*Task goal:* Beginning at the line that includes "outputs.save(alloc, name.as_str(), text.as_str().as_bytes())", return each line exactly through the end of the listing, and no line before it.

*Data:*
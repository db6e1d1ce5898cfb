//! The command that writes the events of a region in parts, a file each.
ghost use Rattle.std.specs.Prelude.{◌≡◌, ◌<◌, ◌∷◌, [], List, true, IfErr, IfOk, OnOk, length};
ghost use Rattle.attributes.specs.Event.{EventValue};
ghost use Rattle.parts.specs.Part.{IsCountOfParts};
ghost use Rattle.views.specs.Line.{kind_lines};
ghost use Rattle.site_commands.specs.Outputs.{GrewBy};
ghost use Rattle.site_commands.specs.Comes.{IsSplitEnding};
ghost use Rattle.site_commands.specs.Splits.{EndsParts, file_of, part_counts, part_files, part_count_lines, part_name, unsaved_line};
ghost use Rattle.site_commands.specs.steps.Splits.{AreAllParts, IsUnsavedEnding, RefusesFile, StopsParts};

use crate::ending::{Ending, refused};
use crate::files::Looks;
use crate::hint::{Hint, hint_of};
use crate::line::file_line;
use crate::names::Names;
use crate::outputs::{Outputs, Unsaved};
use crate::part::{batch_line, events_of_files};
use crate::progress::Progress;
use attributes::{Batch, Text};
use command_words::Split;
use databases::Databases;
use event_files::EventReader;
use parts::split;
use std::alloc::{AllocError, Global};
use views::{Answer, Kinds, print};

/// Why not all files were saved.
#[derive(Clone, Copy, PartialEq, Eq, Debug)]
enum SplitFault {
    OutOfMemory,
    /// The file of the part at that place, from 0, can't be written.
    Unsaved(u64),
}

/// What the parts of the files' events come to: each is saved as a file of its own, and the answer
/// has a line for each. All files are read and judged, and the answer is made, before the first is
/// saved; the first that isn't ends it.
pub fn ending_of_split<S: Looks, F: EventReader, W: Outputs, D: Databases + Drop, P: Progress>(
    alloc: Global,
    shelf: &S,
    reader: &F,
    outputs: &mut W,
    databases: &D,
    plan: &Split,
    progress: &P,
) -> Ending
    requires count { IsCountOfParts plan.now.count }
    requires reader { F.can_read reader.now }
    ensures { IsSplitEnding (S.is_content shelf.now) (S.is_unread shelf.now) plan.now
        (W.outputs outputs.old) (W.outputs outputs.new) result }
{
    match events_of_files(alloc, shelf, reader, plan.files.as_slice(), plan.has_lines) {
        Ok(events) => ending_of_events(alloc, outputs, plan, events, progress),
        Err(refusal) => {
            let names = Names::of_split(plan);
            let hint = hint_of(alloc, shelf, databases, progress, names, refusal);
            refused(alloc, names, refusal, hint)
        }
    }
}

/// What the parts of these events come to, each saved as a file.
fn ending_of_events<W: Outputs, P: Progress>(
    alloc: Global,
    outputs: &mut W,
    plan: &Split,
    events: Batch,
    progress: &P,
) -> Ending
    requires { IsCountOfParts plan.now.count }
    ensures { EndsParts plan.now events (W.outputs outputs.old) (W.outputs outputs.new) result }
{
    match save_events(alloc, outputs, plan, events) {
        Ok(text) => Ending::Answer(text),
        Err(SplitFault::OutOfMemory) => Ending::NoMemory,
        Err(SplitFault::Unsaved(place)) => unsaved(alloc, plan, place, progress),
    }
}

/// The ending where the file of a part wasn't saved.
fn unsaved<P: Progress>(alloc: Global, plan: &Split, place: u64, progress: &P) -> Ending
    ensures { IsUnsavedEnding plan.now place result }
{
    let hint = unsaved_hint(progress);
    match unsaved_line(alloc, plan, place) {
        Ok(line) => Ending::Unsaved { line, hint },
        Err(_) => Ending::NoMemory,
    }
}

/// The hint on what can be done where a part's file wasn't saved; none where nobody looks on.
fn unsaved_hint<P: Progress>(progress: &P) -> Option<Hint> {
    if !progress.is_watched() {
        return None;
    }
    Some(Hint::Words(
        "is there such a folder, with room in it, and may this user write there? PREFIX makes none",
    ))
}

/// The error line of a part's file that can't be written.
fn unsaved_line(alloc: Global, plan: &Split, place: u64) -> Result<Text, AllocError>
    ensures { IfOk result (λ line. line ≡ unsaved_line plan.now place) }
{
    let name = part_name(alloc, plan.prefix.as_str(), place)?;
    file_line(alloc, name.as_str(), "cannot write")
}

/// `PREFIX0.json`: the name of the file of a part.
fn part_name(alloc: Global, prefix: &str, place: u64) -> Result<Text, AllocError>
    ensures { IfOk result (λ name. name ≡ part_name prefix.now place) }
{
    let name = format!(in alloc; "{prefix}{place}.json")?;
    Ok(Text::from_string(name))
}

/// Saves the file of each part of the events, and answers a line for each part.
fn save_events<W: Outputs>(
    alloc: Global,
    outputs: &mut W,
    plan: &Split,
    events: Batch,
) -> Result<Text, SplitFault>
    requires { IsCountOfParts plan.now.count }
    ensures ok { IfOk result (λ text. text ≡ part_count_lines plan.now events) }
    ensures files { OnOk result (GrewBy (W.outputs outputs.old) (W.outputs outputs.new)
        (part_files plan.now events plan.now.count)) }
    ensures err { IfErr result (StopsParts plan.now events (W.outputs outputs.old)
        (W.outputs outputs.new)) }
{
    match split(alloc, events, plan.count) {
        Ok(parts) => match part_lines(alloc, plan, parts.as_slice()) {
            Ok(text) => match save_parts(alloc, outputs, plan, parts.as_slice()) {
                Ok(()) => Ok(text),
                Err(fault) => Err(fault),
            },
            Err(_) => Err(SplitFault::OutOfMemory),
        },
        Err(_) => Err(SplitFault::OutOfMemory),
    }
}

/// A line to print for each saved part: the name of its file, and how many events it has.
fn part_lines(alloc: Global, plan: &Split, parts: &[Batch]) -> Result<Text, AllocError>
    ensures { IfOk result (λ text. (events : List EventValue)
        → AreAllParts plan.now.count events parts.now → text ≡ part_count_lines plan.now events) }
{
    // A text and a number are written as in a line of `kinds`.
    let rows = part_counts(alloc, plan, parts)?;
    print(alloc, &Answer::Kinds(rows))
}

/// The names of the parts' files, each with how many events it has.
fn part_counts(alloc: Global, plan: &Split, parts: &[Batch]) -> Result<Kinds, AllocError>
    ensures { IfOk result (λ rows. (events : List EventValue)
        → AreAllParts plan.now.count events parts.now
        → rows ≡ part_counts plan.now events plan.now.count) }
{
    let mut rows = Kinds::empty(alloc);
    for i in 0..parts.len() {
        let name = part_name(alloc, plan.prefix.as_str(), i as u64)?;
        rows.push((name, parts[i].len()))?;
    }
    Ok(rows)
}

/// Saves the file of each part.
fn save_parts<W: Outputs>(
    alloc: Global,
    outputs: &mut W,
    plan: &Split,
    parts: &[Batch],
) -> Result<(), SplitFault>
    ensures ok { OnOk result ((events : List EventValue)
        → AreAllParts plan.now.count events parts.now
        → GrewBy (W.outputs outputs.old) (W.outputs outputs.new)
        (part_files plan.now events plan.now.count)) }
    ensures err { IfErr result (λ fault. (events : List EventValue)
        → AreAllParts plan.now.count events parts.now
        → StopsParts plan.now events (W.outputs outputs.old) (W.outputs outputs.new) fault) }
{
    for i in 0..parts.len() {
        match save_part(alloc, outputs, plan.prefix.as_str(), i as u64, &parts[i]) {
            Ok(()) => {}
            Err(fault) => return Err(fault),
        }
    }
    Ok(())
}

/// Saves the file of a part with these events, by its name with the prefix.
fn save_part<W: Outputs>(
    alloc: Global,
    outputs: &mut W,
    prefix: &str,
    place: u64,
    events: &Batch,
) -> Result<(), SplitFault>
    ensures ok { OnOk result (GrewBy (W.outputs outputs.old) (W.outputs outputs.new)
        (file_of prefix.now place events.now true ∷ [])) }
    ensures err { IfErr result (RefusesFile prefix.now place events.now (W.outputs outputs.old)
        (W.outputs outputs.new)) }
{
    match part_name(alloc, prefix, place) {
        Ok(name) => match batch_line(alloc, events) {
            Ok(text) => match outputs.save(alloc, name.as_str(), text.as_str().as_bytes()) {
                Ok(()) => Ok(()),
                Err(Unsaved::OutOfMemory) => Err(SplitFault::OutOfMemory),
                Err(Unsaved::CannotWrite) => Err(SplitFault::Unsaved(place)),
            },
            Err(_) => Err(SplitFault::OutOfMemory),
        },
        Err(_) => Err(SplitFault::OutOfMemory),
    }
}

*Response:*
            Ok(text) => match outputs.save(alloc, name.as_str(), text.as_str().as_bytes()) {
                Ok(()) => Ok(()),
                Err(Unsaved::OutOfMemory) => Err(SplitFault::OutOfMemory),
                Err(Unsaved::CannotWrite) => Err(SplitFault::Unsaved(place)),
            },
            Err(_) => Err(SplitFault::OutOfMemory),
        },
        Err(_) => Err(SplitFault::OutOfMemory),
    }
}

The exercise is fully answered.